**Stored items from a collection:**
//! What shows that an image is everything.
ghost use Rattle.std.specs.Prelude.{◌≡◌, ◌≤◌, List, [], map, take, drop, length, IfOk, IfErr};
ghost use Rattle.exact_field.specs.Rational.{ℚ};
ghost use Rattle.benson_program.specs.Wholes.{AreEmptyAtOrigin, IsWholeOf};
ghost use Rattle.overflows.specs.Settings.{Knows, Setting};
ghost use Rattle.lp_form.specs.Data.{IsDataOf, cone_of};
ghost use Rattle.lp_form.specs.Programs.{generators};
ghost use Rattle.overflows.specs.Faults.{Overflows};
ghost use Rattle.polyhedra.specs.Negatives.{negated};
ghost use Rattle.vlp_problem.specs.declared.problem.Problem.{Problem as File};

use exact_field::Field;
use lp_form::{ConeOf, Data, negative};
use overflows::{SolveFault, quotients_of};
use src_sink::{Items, NoMemory};
use std::alloc::Global;

/// A direction of the feasible set along which the objectives fall by the duality vector, with what
/// shows it.
#[derive(Debug, Drop)]
pub struct WholeParts<F: Drop> {
    /// The direction: a number for each variable.
    pub ray: Items<F>,
    /// A multiplier for each generator of the ordering cone, or none where it is given otherwise.
    pub m: Items<F>,
}

/// How many generators the ordering cone is given by.
pub(crate) fn generator_count<F: Field>(cone: &ConeOf<F>) -> usize
    ensures { result ≡ length (generators (cone_of F.value cone.now)) }
{
    match cone {
        ConeOf::Orthant | ConeOf::Dual(_) => 0,
        ConeOf::Gens(vectors) => vectors.len(),
    }
}

/// The first entries, and the negatives of the others.
fn whole_parts<F: Field>(alloc: Global, list: &[F], cols: usize) -> Result<WholeParts<F>, NoMemory>
    requires { cols ≤ length list.now }
    ensures ray { IfOk result (λ parts. parts.ray ≡ take cols list.now) }
    ensures m { IfOk result
        (λ parts. map F.value parts.m ≡ negated (map F.value (drop cols list.now))) }
{
    let mut ray = Items::new(alloc);
    ray.append(&list[..cols])?;
    let m = negative(alloc, &list[cols..])?;
    Ok(WholeParts { ray, m })
}

/// The direction that multipliers say which show that Benson's program at the origin has no
/// solution: those of the variables and of the generators, divided by the magnitude of the last,
/// which is negative.
pub fn whole_of<F: Field>(
    alloc: Global,
    form: &Data<F>,
    dual: &[F],
) -> Result<WholeParts<F>, SolveFault>
    requires { (file : File) × (c : List ℚ) × IsDataOf F.value file form.now
        × AreEmptyAtOrigin file c (map F.value dual.now) }
    ensures ok { (file : File) (c : List ℚ) → IsDataOf F.value file form.now
        → AreEmptyAtOrigin file c (map F.value dual.now) → IfOk result (IsWholeOf F.value file c) }
    ensures left { (s : Setting) (c : List ℚ) → IsDataOf F.value s.file form.now → Knows s c
        → AreEmptyAtOrigin s.file c (map F.value dual.now) → IfErr result (Overflows F.holds s []) }
{
    let cols = form.cols as usize;
    let count = cols + generator_count(&form.cone);
    let by = dual[dual.len() - 1].neg();
    let quotients = quotients_of(alloc, dual, count, by)?;
    Ok(whole_parts(alloc, quotients.as_slice(), cols)?)
}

**Work to be completed:** Reproduce the entries above in full, so that each one reads exactly as before.

**Task output:**
//! What shows that an image is everything.
ghost use Rattle.std.specs.Prelude.{◌≡◌, ◌≤◌, List, [], map, take, drop, length, IfOk, IfErr};
ghost use Rattle.exact_field.specs.Rational.{ℚ};
ghost use Rattle.benson_program.specs.Wholes.{AreEmptyAtOrigin, IsWholeOf};
ghost use Rattle.overflows.specs.Settings.{Knows, Setting};
ghost use Rattle.lp_form.specs.Data.{IsDataOf, cone_of};
ghost use Rattle.lp_form.specs.Programs.{generators};
ghost use Rattle.overflows.specs.Faults.{Overflows};
ghost use Rattle.polyhedra.specs.Negatives.{negated};
ghost use Rattle.vlp_problem.specs.declared.problem.Problem.{Problem as File};

use exact_field::Field;
use lp_form::{ConeOf, Data, negative};
use overflows::{SolveFault, quotients_of};
use src_sink::{Items, NoMemory};
use std::alloc::Global;

/// A direction of the feasible set along which the objectives fall by the duality vector, with what
/// shows it.
#[derive(Debug, Drop)]
pub struct WholeParts<F: Drop> {
    /// The direction: a number for each variable.
    pub ray: Items<F>,
    /// A multiplier for each generator of the ordering cone, or none where it is given otherwise.
    pub m: Items<F>,
}

/// How many generators the ordering cone is given by.
pub(crate) fn generator_count<F: Field>(cone: &ConeOf<F>) -> usize
    ensures { result ≡ length (generators (cone_of F.value cone.now)) }
{
    match cone {
        ConeOf::Orthant | ConeOf::Dual(_) => 0,
        ConeOf::Gens(vectors) => vectors.len(),
    }
}

/// The first entries, and the negatives of the others.
fn whole_parts<F: Field>(alloc: Global, list: &[F], cols: usize) -> Result<WholeParts<F>, NoMemory>
    requires { cols ≤ length list.now }
    ensures ray { IfOk result (λ parts. parts.ray ≡ take cols list.now) }
    ensures m { IfOk result
        (λ parts. map F.value parts.m ≡ negated (map F.value (drop cols list.now))) }
{
    let mut ray = Items::new(alloc);
    ray.append(&list[..cols])?;
    let m = negative(alloc, &list[cols..])?;
    Ok(WholeParts { ray, m })
}

/// The direction that multipliers say which show that Benson's program at the origin has no
/// solution: those of the variables and of the generators, divided by the magnitude of the last,
/// which is negative.
pub fn whole_of<F: Field>(
    alloc: Global,
    form: &Data<F>,
    dual: &[F],
) -> Result<WholeParts<F>, SolveFault>
    requires { (file : File) × (c : List ℚ) × IsDataOf F.value file form.now
        × AreEmptyAtOrigin file c (map F.value dual.now) }
    ensures ok { (file : File) (c : List ℚ) → IsDataOf F.value file form.now
        → AreEmptyAtOrigin file c (map F.value dual.now) → IfOk result (IsWholeOf F.value file c) }
    ensures left { (s : Setting) (c : List ℚ) → IsDataOf F.value s.file form.now → Knows s c
        → AreEmptyAtOrigin s.file c (map F.value dual.now) → IfErr result (Overflows F.holds s []) }
{
    let cols = form.cols as usize;
    let count = cols + generator_count(&form.cone);
    let by = dual[dual.len() - 1].neg();
    let quotients = quotients_of(alloc, dual, count, by)?;
    Ok(whole_parts(alloc, quotients.as_slice(), cols)?)
}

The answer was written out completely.